Thankfully, the media can just dig August’s stories out of their recycling bins and do a quick “search and replace” this time - changing the month from “August” to ”November” and the hardest-hit strategy from “Market Neutral” to “Equity Hedge”.

Hedge Fund Research got the ball rolling earlier this week with a dismal month-end estimate from its investable index, the “HFRX”. Unlike the widely quoted HFRI, this index is valued daily since HFR has transparency into the holdings of its cadre of representative managers via managed accounts. Here’s what November looked like for those managers:

The larger, but less transparent “HFRI” takes several weeks to calculate. As a result, the media invariably gloms onto the more timely HFRX results. But curiously, the HFRI outperforms the HFRX - especially when both indices are down. The chart below shows the monthly out-performance of the HFRI over the HFRX during the last 5 years.

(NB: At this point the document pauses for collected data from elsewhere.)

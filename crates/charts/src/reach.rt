// Reachability: who is reached from an account. It is written once, for every chart.
ghost use Rattle.std.specs.Prelude.{◌≡◌, ℕ, ◌<◌, length, Decides};
ghost use Rattle.charts.specs.Chains.{Chain};
ghost use Rattle.charts.specs.Members.{member};
ghost use Rattle.charts.specs.Passes.{Followed, Passed, reached_from, Is};

use crate::accounts::Accounts;
use crate::chart::{Chart, Line};
use terms::ACCOUNTS;

// The accounts that a chain of lines leads to from the start: exactly those. Passes over the lines go on
// as long as they find an account more, so it makes at most one pass more than the longest of the shortest
// chains from the start has lines; two passes do where each line stands behind a shortest chain to its start.
pub fn search<C: Chart>(chart: &C, start: u16) -> Accounts
    ensures { (b : ℕ) → Decides (member result b) (Chain (C.lines chart.now) start b) }
{
    let mut reached = Accounts::none();
    if start >= ACCOUNTS {
        return reached;
    }
    while pass(chart, start, &mut reached) {}
    reached
}

// Follows every line once; tells whether an account is new.
fn pass<C: Chart>(chart: &C, start: u16, reached: &mut Accounts) -> bool
    requires { start < 512 }
    ensures { Passed (reached_from start) (Is start) (C.lines chart.now) (length (C.lines chart.now)) reached.old reached.new result }
{
    let mut grew = false;
    for line in chart.iter() {
        grew |= follow(line, start, reached);
    }
    grew
}

// Puts in the account that the line leads to, where it comes from the start or from an account in the set;
// tells whether it is new.
fn follow(line: Option<Line>, start: u16, reached: &mut Accounts) -> bool
    requires { start < 512 }
    ensures { Followed (reached_from start) (Is start) line reached.old reached.new result }
{
    let Some(line) = line else {
        return false;
    };
    if line.from != start && !reached.contains(line.from) {
        return false;
    }
    reached.insert(line.to)
}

In August, the HFRX was down 2.55% while the HFRI was down only 1.54%. So with the HFRX coming within a whisker of August’s drawdown, it will be interesting to see how the HFRI turns out this month. Alas, by the time it does come out, people will have moved on to Christmas shopping and the hedge fund December effect.

Another investable hedge fund index with daily valuations is the Dow Jones Hedge Fund Index. November performance wasn’t as bad for their group of managers, and as at the HFRX, Equity Market Neutral managers had the last laugh.

The Dow Jones Indexes were down an average of about 1.25% in November (vs. approximately 0.9% in August).

The investable MSCI “Hedge Invest” Index was down about 1.6% in November (vs. down around 2.25% in August).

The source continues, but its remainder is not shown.